Please say how many lines in the records below contain the word "found", giving only the number.
*** Opening of EXERCISE INPUT ***
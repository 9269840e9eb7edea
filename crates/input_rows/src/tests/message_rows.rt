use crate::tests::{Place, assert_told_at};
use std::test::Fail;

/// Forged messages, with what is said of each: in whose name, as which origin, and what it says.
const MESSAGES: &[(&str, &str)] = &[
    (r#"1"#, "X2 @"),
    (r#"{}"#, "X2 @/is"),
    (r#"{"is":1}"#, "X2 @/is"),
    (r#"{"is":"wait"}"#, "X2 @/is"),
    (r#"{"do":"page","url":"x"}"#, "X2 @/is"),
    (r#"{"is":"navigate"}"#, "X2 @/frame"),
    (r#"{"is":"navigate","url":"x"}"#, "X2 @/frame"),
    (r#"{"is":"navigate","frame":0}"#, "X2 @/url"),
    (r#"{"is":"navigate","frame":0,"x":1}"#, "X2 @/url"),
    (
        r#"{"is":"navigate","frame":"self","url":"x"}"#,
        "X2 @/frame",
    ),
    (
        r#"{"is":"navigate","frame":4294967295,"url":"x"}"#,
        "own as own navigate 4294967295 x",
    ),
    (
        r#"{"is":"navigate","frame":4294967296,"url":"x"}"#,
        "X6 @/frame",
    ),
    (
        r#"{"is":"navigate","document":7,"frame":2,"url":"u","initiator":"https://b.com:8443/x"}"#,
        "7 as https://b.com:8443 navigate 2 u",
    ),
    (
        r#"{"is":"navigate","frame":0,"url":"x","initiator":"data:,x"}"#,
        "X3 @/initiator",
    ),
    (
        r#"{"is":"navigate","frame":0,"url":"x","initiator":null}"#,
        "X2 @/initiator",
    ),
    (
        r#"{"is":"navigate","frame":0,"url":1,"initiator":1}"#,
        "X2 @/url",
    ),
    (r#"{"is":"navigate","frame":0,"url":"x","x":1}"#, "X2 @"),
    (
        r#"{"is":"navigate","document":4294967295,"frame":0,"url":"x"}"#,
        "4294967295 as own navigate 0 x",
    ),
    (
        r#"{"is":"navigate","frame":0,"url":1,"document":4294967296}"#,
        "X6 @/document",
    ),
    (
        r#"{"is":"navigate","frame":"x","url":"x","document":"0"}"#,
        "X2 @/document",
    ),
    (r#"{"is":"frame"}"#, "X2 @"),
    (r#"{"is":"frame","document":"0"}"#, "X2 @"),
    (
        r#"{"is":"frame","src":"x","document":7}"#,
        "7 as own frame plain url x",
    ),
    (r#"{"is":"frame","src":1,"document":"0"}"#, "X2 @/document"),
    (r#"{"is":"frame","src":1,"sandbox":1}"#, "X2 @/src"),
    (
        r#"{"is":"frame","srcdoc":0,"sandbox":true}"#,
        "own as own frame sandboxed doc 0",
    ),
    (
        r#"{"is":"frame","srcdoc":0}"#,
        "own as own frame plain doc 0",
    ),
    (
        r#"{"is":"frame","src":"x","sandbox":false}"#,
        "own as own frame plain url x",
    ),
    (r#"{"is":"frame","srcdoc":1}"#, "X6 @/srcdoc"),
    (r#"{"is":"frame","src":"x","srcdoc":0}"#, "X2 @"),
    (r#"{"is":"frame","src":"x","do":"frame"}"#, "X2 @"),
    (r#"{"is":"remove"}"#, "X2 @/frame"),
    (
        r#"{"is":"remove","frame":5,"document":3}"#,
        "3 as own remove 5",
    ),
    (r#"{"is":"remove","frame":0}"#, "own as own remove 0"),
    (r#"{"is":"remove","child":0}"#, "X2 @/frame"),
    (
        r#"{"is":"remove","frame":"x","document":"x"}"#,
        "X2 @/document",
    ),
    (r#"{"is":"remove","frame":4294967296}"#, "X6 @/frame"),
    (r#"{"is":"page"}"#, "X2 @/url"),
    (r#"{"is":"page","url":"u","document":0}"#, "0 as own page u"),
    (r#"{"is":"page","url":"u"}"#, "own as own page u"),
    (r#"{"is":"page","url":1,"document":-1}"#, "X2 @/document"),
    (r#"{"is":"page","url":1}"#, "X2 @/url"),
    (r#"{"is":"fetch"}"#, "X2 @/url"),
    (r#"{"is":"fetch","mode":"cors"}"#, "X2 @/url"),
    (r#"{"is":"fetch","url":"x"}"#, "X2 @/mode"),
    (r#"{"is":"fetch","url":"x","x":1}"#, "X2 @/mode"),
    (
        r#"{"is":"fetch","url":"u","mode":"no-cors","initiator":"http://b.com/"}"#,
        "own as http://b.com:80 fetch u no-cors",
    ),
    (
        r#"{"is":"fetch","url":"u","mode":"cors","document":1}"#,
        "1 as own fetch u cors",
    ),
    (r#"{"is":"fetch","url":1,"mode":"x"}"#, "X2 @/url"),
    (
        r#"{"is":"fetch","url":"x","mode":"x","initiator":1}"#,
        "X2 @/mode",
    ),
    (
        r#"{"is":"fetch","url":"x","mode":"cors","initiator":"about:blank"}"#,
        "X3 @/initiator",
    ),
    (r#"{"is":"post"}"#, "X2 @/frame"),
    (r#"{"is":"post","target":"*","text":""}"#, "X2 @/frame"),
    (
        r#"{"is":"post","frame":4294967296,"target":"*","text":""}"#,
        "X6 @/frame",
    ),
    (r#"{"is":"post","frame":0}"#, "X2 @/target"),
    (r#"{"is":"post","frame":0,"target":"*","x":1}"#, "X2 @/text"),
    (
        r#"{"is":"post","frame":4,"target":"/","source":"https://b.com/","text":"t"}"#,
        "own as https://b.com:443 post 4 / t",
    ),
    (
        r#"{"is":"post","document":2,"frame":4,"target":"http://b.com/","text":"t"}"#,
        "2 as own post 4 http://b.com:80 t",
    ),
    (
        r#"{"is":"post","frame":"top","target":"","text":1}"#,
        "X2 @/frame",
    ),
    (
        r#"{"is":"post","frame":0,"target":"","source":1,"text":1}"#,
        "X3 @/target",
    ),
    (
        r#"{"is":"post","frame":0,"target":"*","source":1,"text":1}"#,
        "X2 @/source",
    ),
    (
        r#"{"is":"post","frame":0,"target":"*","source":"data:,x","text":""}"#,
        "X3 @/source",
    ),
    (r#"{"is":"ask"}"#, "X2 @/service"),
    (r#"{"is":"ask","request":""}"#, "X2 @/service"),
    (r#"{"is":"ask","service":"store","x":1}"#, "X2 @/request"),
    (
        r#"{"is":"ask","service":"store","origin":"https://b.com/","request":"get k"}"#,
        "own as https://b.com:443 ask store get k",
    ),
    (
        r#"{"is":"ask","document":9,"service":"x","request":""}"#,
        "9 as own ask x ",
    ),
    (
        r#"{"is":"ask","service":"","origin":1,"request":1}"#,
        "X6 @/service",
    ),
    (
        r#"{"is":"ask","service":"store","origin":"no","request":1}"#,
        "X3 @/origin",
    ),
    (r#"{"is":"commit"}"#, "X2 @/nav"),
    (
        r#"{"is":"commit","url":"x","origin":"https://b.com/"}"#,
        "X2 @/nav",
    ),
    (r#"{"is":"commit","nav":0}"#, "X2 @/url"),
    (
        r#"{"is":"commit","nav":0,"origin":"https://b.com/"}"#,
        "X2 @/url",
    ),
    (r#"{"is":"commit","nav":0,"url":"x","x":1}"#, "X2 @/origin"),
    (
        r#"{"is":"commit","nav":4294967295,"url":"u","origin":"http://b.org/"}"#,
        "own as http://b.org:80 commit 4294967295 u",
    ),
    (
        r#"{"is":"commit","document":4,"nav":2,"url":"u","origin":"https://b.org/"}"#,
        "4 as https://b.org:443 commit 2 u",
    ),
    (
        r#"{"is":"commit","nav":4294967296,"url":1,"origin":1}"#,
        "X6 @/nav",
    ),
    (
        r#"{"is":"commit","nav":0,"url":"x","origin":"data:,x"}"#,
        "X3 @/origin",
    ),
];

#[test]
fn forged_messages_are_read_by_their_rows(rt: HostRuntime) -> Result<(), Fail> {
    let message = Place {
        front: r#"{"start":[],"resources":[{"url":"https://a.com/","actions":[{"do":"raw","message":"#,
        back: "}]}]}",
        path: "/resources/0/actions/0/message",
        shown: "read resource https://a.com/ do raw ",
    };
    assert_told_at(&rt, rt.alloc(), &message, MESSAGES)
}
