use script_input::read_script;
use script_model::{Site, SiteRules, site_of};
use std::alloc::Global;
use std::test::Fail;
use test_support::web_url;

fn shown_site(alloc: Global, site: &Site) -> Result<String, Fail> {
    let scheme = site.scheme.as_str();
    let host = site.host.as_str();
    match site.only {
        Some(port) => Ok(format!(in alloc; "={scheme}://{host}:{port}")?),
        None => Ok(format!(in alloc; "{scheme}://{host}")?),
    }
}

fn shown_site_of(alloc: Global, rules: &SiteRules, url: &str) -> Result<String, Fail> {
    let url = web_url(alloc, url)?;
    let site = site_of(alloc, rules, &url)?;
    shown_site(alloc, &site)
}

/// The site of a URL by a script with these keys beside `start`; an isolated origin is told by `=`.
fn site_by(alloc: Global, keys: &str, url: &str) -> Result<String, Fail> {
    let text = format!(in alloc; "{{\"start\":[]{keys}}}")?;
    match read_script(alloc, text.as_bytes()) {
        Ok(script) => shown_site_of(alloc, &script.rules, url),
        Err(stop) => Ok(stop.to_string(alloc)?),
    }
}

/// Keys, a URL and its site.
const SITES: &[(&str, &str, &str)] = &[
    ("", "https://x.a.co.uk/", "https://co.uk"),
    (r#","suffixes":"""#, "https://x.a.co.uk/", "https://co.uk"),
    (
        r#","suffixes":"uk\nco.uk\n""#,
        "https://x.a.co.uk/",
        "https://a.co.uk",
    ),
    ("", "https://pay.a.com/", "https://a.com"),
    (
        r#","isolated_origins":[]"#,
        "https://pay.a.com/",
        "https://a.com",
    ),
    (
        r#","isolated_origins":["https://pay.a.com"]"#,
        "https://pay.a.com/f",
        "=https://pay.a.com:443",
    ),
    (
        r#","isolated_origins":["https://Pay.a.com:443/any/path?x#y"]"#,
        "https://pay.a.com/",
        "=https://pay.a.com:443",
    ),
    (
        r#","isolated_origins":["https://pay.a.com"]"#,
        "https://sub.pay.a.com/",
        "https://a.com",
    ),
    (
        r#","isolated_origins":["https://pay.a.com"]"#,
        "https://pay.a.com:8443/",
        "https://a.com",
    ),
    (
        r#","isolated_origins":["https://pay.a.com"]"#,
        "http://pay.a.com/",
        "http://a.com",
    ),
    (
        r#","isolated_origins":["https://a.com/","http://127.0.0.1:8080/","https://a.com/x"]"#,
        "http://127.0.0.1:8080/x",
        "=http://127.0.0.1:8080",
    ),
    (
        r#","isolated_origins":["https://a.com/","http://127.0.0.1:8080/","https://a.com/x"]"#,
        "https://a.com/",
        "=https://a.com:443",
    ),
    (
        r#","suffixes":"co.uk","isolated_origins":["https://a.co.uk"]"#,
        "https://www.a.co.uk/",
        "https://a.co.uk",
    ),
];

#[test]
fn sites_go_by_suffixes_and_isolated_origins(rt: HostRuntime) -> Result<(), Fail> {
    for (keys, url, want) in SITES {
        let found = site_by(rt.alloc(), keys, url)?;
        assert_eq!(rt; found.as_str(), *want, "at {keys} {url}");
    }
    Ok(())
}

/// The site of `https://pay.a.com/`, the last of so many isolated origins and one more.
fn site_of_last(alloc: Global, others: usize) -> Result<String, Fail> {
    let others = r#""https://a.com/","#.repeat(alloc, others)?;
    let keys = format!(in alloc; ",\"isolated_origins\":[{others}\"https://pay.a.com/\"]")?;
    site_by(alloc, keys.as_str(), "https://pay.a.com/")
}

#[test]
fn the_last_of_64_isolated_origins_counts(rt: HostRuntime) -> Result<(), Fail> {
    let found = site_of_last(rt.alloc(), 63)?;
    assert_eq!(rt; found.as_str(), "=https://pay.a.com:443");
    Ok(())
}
*** Close of EXERCISE INPUT ***
SOLUTION TO THE PROBLEM:
4